The leader of the pack
Two words to gather the 31 fresh-faced women into a military formation that Cheryl Joyce boomed time and time again at the RCMP Academy, "Depot" Division, after she became part of the first female troop to take residence in September 1974.
As the right marker and oldest member of the troop, the 29-year-old was responsible for overseeing Troop 17, including ensuring they marched together from class to class, maintaining discipline and harmony within the troop and providing almost-daily reports to the sergeant major who took a particular interest in the progress of the group.
"I would go to drop off the day's attendance sheets and nearly every day I hear: "Joyce, get in here" shouted from his office," she recalls.
"As a troop, we had our ups and downs but in the end we worked very well together," she says from her home in British Columbia's Okanagan Valley. "When I think back, some of the things that happened were pretty funny, but it was stressful at the time."
Sworn in on Sept. 16, 1974, with five years of experience as a teacher under her belt, Joyce's career in the RCMP followed along the same path.
From the early days at Depot, to later becoming an instructor there, to her last assignment sharing restorative justice principles with police officers and the community, and then as an English as a second language coach in retirement, teaching is the thread that runs through Joyce's life.
"I loved being involved in trying to make things better for people," she explains.
Her passion was working with Aboriginal communities from her earliest postings in several detachments in the Edmonton, Alta., area. "I really started to understand the history of reserves and the role that history played in the problems of people there," Joyce says. From lack of education and opportunities to a lack of parenting skills, the challenges were many. "I was really attracted to trying to make a difference for them."
The RCMP announced in May 1974 that it would accept applications from women. Joyce was teaching in Regina, Sask., and was friends with a Mountie who tried to get her to join. She didn't think it was for her but picked up an application to get information for her students. Much to her surprise, she found herself filling out the forms.

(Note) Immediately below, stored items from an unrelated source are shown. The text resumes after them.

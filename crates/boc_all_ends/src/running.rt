// A behaviour that runs at once on the values of the cowns.

ghost use Rattle.std.specs.Prelude.{◌≡◌, false, true, length, map, IfOk, OnOk};
ghost use Rattle.boc_program.specs.Meaning.{meaning};
ghost use Rattle.boc_program.specs.Programs.{cown_count};
ghost use Rattle.boc_runs.specs.Serial.{after_outputs};
ghost use Rattle.boc_eval.specs.Frames.{wishes_of as all_wishes};
ghost use Rattle.boc_eval.specs.Queue.{BehaviourFits};
ghost use Rattle.boc_eval.specs.Wishes.{wish_of};
ghost use Rattle.boc_front_rows.specs.Lists.{wished};
ghost use Rattle.boc_all_ends.specs.Runs.{meant_at};

use arrayvec::ArrayVec;
use boc_eval::{Frame, Spare, SpawnWish, Stop};
use boc_front_rows::Wished;
use boc_program::limits::MOST_HELD;
use boc_program::short::Input;
use boc_registers::compiled::{CompiledBody, CompiledProgram};
use boc_runs::values::{inputs_of, write_outputs};
use std::alloc::{AllocError, Global};

// The wishes of a body that has ended, and the values of its cown parameters there.
#[derive(Drop)]
struct Ended {
    wishes: Vec<SpawnWish>,
    outputs: ArrayVec<i64, MOST_HELD>,
}

// Returns the wishes of a body that is at its start, which then has ended.
fn wishes_of(alloc: Global, frame: &mut Frame<'_>) -> Result<Vec<SpawnWish>, AllocError>
    requires fresh { frame.old.made ≡ 0 }
    requires begun { frame.old.ended ≡ false }
    ensures wishes { IfOk result (λ wishes. map wish_of wishes.items ≡ all_wishes frame.old) }
    ensures ended { OnOk result (frame.new ≡ record frame.old { made = length (all_wishes frame.old); ended = true }) }
{
    let mut wishes = Vec::new(alloc);
    while let Stop::Wants(wish) = frame.run() {
        wishes.push(wish)?;
    }
    Ok(wishes)
}

// Runs a body on these arguments and inputs.
fn run_body<'a>(
    alloc: Global,
    spare: &mut Spare<'a>,
    body: CompiledBody<'a>,
    args: &[i64],
    inputs: &[Input],
) -> Result<Ended, AllocError>
    requires args { length args.now ≡ body.params }
    requires inputs { length inputs.now ≡ body.cown_params }
    ensures wishes { IfOk result (λ end. map wish_of end.wishes.items ≡ (meaning body.entry args.now inputs.now).wishes) }
    ensures outputs { IfOk result (λ end. end.outputs.items ≡ (meaning body.entry args.now inputs.now).outputs) }
{
    let mut frame = Frame::renewed(alloc, spare, body, args, inputs)?;
    let wishes = wishes_of(alloc, &mut frame)?;
    let outcome = frame.into_outcome();
    let outputs = ArrayVec::try_from(outcome.outputs()).unwrap();
    outcome.leave(spare);
    Ok(Ended { wishes, outputs })
}

/// Runs a behaviour at once on the values of the cowns, writes its outputs to them, and returns its wishes in their order.
pub fn run_at_once<'a>(
    alloc: Global,
    program: &'a CompiledProgram<'a>,
    spare: &mut Spare<'a>,
    behaviour: &Wished,
    values: &mut [i64],
) -> Result<Vec<SpawnWish>, AllocError>
    requires fits { BehaviourFits program.now (wished behaviour.now) }
    requires long { length values.old ≡ cown_count program.now.cowns }
    ensures wishes { IfOk result (λ ws. map wish_of ws.items ≡ (meant_at program.now (wished behaviour.now) values.old).wishes) }
    ensures values { OnOk result (values.new ≡ after_outputs values.old behaviour.now.cowns.items
        (meant_at program.now (wished behaviour.now) values.old).outputs) }
{
    let inputs = inputs_of(&behaviour.cowns, values);
    let body = program.body(behaviour.kind);
    let Ended { wishes, outputs } = run_body(alloc, spare, body, &behaviour.args, &inputs)?;
    write_outputs(values, &behaviour.cowns, &outputs);
    Ok(wishes)
}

"I just wanted something that was outside of four walls," she recalls. "I needed to be out in the community."
Joyce's 30-year career started in Stony Plain, Alta., located just west of Edmonton. As the first woman in the detachment, she was a source of curiosity at first. "I walked in the detachment and the secretary's first words were 'that's what you look like. Everybody's in the back waiting for you'," she laughs.
After 13 physical moves and as many different positions, Joyce doesn't even need a moment to say what she's most proud of when looking back on her career.

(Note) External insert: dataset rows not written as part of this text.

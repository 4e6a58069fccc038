// The result of a turn of a row.

use boc_eval::SpawnWish;
use boc_program::short::Cowns;

// The wishes of a behaviour that ran at once, its cowns, the values then, and the list of wishes that is left to its parent.
#[derive(Drop)]
pub(crate) struct Turn {
    pub rest: usize,
    pub cowns: Cowns,
    pub wishes: Vec<SpawnWish>,
    pub values: Vec<i64>,
}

It was her last posting as the first National Restorative Justice Coordinator that had her travelling across the country – including 23 different communities in Nunavut alone – to teach fellow Mounties, Aboriginal elders and community volunteers how to better resolve issues involving non-criminal conflicts in their communities. Based on the traditional native healing circle, restorative justice is a non-adversarial approach to creating healthier, safer communities focused on healing for victims and accountability for offenders.
The impact of her work with Aboriginal people, particularly the Inuit, is felt through the art lining the walls in every room of her home. One that holds particular meaning is an ink etching of a rock cairn in the Arctic given to her by a woman in her 80s in the first Inuit community she visited. Her voice catching, Joyce says the woman had returned to school to learn to "record the history" of her people.
That she had an impact as a result of that first visit to an RCMP office to get career information for her students four decades ago can't be denied.
"It would bring tears to your eyes because of the healing that would take place," she says. "One woman actually thanked me for bringing back her culture. It was a passion and so rewarding to know I really was making a difference."